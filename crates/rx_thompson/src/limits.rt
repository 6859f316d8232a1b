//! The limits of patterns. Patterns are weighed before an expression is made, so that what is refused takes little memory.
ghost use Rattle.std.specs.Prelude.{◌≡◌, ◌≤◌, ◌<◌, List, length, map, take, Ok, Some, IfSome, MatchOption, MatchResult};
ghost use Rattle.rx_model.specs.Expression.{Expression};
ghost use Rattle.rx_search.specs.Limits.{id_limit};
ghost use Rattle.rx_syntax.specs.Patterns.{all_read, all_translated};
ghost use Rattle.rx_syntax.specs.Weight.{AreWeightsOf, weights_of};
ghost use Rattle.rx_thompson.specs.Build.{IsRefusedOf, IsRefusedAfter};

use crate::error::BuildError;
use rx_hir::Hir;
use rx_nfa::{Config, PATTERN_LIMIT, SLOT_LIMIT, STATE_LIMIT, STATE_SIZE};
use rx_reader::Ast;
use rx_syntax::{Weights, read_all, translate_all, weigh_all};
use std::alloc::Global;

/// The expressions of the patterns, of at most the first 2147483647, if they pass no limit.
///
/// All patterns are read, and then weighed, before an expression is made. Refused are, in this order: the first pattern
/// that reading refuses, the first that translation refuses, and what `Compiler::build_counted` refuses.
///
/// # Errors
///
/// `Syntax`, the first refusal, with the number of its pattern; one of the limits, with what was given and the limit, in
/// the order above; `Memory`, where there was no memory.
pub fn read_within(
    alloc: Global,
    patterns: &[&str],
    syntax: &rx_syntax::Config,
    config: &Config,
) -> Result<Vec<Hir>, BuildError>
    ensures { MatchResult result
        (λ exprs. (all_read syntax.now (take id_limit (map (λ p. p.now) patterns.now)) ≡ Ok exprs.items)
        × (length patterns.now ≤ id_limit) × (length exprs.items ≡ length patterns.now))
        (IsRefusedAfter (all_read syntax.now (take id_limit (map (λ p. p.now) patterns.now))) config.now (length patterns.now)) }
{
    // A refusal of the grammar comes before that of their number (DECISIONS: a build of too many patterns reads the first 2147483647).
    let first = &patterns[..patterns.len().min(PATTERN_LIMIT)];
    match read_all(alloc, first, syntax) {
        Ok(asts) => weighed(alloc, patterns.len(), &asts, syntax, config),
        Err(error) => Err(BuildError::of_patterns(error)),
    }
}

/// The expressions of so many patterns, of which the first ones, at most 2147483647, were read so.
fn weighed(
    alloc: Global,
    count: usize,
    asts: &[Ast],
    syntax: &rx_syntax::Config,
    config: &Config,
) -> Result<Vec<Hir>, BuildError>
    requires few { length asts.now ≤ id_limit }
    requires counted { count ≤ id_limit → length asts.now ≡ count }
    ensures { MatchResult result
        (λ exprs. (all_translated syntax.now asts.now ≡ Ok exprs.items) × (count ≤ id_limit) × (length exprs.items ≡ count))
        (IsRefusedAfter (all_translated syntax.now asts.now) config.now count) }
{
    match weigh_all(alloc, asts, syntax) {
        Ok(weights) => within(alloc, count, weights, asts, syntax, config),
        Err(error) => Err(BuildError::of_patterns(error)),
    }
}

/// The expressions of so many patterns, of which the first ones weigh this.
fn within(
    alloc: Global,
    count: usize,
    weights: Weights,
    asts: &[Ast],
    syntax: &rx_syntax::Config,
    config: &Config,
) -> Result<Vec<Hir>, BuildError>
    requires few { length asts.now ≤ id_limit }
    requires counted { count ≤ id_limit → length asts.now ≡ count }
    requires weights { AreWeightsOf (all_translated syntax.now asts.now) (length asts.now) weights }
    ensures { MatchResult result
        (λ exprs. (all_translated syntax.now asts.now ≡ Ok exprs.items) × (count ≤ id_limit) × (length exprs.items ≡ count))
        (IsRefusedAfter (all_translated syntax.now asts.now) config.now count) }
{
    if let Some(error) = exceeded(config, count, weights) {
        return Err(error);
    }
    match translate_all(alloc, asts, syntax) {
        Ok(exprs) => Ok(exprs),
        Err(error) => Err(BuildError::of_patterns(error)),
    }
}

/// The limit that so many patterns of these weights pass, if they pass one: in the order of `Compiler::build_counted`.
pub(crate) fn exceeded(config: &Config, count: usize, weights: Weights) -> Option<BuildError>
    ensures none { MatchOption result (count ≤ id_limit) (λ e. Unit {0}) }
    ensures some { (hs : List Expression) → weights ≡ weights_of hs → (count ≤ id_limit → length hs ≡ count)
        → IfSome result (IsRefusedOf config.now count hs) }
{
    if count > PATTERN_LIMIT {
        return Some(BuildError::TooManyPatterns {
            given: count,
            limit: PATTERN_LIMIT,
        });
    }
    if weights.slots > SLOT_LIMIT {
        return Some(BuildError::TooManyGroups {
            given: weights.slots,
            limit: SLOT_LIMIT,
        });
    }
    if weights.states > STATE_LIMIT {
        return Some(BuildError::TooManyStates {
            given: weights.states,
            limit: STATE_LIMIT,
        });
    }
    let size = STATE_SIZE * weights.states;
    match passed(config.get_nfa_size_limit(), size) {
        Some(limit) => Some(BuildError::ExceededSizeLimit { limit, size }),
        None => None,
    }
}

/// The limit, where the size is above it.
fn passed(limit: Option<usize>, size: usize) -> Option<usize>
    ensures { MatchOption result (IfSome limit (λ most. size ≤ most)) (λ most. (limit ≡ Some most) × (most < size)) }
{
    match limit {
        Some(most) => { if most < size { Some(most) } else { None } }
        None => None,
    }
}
* * * *
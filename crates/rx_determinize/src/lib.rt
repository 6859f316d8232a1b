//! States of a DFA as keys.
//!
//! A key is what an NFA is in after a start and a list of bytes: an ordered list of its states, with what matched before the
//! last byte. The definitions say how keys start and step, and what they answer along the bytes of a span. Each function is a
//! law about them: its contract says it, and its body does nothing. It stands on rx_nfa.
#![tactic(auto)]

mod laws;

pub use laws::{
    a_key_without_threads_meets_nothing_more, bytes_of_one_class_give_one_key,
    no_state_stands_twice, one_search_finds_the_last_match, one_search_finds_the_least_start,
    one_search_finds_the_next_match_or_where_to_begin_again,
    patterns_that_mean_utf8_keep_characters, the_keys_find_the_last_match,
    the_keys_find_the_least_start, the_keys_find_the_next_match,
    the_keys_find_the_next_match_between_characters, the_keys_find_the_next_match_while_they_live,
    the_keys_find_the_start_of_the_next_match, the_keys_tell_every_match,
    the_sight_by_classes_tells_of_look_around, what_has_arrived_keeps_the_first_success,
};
* * * *
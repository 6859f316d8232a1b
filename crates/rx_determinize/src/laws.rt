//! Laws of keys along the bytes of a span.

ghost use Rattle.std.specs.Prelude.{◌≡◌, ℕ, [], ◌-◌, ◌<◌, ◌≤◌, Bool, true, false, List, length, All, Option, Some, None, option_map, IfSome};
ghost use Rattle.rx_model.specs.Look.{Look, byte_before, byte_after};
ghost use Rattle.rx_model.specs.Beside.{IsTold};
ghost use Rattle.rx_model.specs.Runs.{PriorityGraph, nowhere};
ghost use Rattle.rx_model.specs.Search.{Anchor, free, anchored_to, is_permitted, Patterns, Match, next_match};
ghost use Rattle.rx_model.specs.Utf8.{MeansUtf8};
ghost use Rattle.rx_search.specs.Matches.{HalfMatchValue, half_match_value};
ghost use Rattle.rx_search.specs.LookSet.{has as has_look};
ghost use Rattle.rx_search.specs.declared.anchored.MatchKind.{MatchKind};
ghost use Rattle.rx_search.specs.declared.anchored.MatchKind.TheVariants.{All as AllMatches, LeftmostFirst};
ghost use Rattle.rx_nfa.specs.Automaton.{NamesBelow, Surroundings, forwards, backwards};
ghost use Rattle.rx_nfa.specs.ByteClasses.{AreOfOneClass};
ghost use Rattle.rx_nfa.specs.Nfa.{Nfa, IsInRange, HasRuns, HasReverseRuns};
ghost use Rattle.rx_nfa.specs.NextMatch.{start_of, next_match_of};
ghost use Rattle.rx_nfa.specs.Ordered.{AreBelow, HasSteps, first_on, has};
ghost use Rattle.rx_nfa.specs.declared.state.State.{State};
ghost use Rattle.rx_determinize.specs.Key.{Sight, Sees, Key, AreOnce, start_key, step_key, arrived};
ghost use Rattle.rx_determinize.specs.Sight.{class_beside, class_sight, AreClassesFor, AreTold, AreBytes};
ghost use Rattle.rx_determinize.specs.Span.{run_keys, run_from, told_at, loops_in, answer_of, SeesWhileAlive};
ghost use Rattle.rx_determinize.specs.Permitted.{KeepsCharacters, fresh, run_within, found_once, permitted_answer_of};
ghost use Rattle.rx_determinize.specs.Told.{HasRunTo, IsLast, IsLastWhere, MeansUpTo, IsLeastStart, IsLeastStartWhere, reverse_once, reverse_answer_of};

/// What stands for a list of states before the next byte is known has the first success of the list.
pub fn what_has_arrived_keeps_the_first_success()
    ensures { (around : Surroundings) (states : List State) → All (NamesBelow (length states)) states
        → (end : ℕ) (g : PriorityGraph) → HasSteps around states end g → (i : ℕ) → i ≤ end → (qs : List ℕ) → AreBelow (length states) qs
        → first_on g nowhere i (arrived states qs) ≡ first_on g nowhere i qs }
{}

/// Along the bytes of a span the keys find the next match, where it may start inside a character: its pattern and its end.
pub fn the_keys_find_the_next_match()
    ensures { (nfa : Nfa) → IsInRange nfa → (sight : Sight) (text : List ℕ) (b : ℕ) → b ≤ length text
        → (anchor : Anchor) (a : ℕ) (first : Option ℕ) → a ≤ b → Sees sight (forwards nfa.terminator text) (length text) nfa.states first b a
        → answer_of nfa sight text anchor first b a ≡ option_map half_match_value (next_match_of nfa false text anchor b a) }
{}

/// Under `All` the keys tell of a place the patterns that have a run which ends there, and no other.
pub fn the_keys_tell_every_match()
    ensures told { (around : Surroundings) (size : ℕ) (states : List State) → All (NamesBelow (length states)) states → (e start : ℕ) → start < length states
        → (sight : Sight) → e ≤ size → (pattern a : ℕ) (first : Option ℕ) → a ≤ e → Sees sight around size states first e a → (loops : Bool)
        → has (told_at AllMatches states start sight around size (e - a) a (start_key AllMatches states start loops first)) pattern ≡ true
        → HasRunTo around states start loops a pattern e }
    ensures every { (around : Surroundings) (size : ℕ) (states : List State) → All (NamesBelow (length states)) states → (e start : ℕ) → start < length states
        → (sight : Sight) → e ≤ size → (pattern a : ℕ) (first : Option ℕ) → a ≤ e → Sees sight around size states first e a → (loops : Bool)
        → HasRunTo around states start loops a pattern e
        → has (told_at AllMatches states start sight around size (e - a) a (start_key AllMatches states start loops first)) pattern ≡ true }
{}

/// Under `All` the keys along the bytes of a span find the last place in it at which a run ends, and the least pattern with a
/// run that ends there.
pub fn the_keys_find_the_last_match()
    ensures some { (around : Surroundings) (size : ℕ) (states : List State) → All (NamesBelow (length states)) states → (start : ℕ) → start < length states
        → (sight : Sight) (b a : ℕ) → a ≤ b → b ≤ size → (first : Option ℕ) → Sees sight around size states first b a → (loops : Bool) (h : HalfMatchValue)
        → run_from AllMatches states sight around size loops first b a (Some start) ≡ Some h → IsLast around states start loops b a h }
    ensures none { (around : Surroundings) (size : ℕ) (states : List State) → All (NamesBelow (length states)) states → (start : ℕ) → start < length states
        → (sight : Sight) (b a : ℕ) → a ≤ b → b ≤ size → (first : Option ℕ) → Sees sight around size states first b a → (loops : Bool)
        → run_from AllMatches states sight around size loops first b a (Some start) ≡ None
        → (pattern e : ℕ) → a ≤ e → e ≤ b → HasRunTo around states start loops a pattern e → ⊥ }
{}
* * * *
■ **Exercise requirements**: Each line above that carries the string "nowhere" has to be returned.

■ **Output for this exercise**:
ghost use Rattle.rx_model.specs.Runs.{PriorityGraph, nowhere};
        → first_on g nowhere i (arrived states qs) ≡ first_on g nowhere i qs }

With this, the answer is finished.